Assess impact of tax exemptions, development partners tell govt

Facilities such as Lubowa Specialised International Hospital have benefited from a number of tax exemptions.  Photo | file

What you need to know:

Development partners want government to asses tax exemptions on  how efficient and impactful they are, which would guide removal of some, if warranted

Uganda’s development partners have asked government to assess the impact and efficiency of tax exemptions to guide future tax concessions. 

Speaking on the behalf of the development partners, during the sixth high level Economic Growth Forum in Kampala last week, Ms Mukami Kariuki, the World Bank country manager, said the Ministry of Finance should implement the Tax Expenditure Governance Framework through which tax exemptions and expenditures would be assessed on how efficient and impactful they are, which would then guide on removal of some, if warranted. 

“We call on [Ministry of Finance] to expedite the implementation of the Tax Expenditure Governance Framework, [which] would include rules related to tax expenditures to assess efficiency, impact and equity of tax exemptions and remove them if warranted.

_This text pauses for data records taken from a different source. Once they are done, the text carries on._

//! A setter with its position.

use crate::setter::Setter;

/// A setter with the position of its event: the arrival of the stop with index `j` has the position `2 * j`, its departure
/// the next one, and the delay of the whole trip stands before all, at -1.
#[derive(Clone, Copy, Debug)]
pub(crate) struct PlacedSetter {
    pub position: i128,
    pub setter: Setter,
}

It also requires an impact assessment to guide awarding of any future tax concessions,” she said, noting that government should also effectively implement the Local Government Revenue Mobilization Strategy, which will enable such setups to raise their own revenues. 

According to the 2020/21 Tax Expenditure Report by the Ministry of Finance, foregone revenue on account of tax expenditures increased from Shs2.16 trillion in 2016/17 financial year to Shs7.72 trillion in the 2020/21 financial. 

This, the report noted, was, as percentage of gross domestic product, a growth from 2 percent to 5.2 percent, which in essence, impedes the expansion of tax revenue that continues to be low to create impactful growth. 

Government, under the Domestic Revenue Mobilisation Strategy 2019/24, is seeking to increase tax-to-gross domestic product ratio to between 16 and 18 percent by 2024, through an annual tax-to-gross domestic product growth ratio of 0.5 percent per annum.  

To achieve this, Ms Mukami said, government must , apart from reviewing tax exemptions, build capacity of URA and the Tax Policy Department in areas of tax policy analysis, revenue forecasting, auditing, developing a suitable tax policy and reviewing the legal tax frameworks such as value added tax reforms. 

Government, she noted, must also structure a new tax policy that ensures that the Local Government Revenue Mobilisation Strategy is effectively implemented to allow local governments mobilise their own revenue through which they can fund their development projects. 

Local governments outside Kampala Metropolitan Area, currently collect a combined sum of Shs250b, much of which is spent on recurrent expenditure. 

According to the Local Government Finance Commission, at least Shs50b, is generated from property rates, which represents 20 percent of total revenue. 

The low revenues, some experts argue, make local governments dependent on the central government, which itself is overwhelmed by various demands.  

Handling shocks       

Ms Mukami Kariuki also said that development partners were happy with how government has handled the Covid-19 related shocks and a surge in fuel, commodity prices and disruptions in global supply chains, noting that it was good that government had taken a cautious approach to managing the shocks by prioritising macro economic stability over short-term solutions.